━━━━━ INPUT

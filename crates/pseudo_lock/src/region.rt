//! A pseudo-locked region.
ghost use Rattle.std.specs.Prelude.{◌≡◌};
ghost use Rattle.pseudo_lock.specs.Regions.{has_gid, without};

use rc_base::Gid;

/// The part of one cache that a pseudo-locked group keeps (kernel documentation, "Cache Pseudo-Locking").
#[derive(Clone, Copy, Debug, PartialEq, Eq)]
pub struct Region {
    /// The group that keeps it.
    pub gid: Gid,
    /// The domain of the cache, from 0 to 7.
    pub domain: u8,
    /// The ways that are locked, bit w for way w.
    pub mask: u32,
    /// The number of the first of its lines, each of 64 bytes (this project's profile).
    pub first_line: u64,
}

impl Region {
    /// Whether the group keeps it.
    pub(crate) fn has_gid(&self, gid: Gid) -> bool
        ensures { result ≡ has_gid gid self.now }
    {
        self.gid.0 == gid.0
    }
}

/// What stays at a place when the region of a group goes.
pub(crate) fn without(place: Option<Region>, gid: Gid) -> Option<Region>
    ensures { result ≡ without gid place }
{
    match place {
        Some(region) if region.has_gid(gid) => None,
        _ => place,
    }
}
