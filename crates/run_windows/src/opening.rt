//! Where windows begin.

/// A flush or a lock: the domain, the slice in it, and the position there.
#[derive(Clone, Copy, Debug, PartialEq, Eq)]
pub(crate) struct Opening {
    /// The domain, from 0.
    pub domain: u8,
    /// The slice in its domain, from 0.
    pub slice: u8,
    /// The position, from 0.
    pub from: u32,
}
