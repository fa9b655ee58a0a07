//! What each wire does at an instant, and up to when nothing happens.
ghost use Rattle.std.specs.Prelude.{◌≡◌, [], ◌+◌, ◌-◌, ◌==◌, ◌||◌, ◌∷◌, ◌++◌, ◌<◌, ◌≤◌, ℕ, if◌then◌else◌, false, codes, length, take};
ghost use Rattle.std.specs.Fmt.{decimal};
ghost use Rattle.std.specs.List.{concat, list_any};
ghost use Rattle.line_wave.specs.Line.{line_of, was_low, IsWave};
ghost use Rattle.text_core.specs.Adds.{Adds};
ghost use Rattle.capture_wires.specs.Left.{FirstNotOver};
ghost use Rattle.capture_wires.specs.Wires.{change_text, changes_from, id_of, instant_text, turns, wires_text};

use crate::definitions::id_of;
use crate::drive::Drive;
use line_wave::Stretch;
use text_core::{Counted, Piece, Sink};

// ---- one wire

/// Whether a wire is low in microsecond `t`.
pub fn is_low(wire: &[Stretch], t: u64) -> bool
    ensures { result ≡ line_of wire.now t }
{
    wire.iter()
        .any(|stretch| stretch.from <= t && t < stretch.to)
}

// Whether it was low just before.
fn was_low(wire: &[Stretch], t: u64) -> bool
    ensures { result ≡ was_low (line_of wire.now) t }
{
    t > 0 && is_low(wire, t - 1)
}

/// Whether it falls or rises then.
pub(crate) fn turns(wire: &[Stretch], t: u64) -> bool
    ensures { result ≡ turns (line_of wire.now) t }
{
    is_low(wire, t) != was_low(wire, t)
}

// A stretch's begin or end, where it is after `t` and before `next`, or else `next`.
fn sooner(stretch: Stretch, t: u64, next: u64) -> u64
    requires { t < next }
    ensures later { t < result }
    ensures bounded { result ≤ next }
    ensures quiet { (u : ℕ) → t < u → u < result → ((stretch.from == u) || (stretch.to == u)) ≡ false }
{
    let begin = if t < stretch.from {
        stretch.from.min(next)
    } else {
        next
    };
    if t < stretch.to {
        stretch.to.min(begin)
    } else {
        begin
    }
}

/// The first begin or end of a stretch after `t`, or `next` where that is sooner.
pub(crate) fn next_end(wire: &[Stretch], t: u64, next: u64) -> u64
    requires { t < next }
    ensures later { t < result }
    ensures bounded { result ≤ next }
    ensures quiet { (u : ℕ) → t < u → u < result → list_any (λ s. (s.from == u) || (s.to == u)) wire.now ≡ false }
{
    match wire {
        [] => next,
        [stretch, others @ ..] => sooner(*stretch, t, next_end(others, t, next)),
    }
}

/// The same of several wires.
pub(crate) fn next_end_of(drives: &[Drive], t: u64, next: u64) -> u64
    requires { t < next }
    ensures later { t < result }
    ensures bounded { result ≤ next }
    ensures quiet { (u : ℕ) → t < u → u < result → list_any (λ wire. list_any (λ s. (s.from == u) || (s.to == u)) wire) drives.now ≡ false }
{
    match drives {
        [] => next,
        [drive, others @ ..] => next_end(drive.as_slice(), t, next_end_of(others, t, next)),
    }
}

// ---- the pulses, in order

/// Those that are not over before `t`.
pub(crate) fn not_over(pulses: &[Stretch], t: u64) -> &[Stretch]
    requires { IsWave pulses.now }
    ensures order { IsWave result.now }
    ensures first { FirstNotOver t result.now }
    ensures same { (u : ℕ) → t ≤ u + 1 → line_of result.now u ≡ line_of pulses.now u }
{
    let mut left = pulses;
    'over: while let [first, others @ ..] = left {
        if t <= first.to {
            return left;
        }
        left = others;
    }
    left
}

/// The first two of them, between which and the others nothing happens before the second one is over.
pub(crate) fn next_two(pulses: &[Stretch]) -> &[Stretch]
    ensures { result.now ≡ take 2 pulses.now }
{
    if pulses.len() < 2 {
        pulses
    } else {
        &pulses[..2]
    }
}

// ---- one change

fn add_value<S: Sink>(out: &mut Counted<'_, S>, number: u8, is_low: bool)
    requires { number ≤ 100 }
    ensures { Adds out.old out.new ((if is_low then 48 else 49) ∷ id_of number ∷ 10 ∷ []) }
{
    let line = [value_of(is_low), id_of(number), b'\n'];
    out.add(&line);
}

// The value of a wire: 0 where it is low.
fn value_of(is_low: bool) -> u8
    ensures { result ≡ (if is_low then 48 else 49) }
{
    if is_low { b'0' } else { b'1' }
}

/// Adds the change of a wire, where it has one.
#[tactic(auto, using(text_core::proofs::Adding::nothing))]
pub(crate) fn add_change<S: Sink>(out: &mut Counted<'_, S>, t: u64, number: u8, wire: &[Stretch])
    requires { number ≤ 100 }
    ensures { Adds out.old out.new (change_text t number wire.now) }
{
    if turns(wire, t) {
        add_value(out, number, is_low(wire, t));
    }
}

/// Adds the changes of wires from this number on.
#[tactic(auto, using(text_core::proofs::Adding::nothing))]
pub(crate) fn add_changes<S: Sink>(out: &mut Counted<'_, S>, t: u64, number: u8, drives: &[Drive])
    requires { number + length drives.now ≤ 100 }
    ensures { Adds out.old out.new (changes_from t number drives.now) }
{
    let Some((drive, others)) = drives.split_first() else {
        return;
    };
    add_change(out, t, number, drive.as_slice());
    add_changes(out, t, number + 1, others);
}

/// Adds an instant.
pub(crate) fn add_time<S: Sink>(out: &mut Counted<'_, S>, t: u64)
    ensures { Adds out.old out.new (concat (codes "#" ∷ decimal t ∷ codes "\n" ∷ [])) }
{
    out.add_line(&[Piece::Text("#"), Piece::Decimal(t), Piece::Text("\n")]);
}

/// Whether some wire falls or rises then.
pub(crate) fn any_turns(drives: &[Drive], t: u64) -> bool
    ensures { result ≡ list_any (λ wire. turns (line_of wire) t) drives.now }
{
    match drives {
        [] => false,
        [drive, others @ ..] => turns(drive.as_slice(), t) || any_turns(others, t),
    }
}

━━━━━━━━━━

EXERCISE AIM: The required answer is the run of lines above, starting at the line with "A pseudo-locked region." and ending at the line with "when nothing happens.", reproduced exactly with both ends.

ANSWER SPACE:
//! A pseudo-locked region.
ghost use Rattle.std.specs.Prelude.{◌≡◌};
ghost use Rattle.pseudo_lock.specs.Regions.{has_gid, without};

use rc_base::Gid;

/// The part of one cache that a pseudo-locked group keeps (kernel documentation, "Cache Pseudo-Locking").
#[derive(Clone, Copy, Debug, PartialEq, Eq)]
pub struct Region {
    /// The group that keeps it.
    pub gid: Gid,
    /// The domain of the cache, from 0 to 7.
    pub domain: u8,
    /// The ways that are locked, bit w for way w.
    pub mask: u32,
    /// The number of the first of its lines, each of 64 bytes (this project's profile).
    pub first_line: u64,
}

impl Region {
    /// Whether the group keeps it.
    pub(crate) fn has_gid(&self, gid: Gid) -> bool
        ensures { result ≡ has_gid gid self.now }
    {
        self.gid.0 == gid.0
    }
}

/// What stays at a place when the region of a group goes.
pub(crate) fn without(place: Option<Region>, gid: Gid) -> Option<Region>
    ensures { result ≡ without gid place }
{
    match place {
        Some(region) if region.has_gid(gid) => None,
        _ => place,
    }
}
filename crates/run_windows/src/opening.rt
//! Where windows begin.

/// A flush or a lock: the domain, the slice in it, and the position there.
#[derive(Clone, Copy, Debug, PartialEq, Eq)]
pub(crate) struct Opening {
    /// The domain, from 0.
    pub domain: u8,
    /// The slice in its domain, from 0.
    pub slice: u8,
    /// The position, from 0.
    pub from: u32,
}
repository fa9b655ee58a0a07
//! What each wire does at an instant, and up to when nothing happens.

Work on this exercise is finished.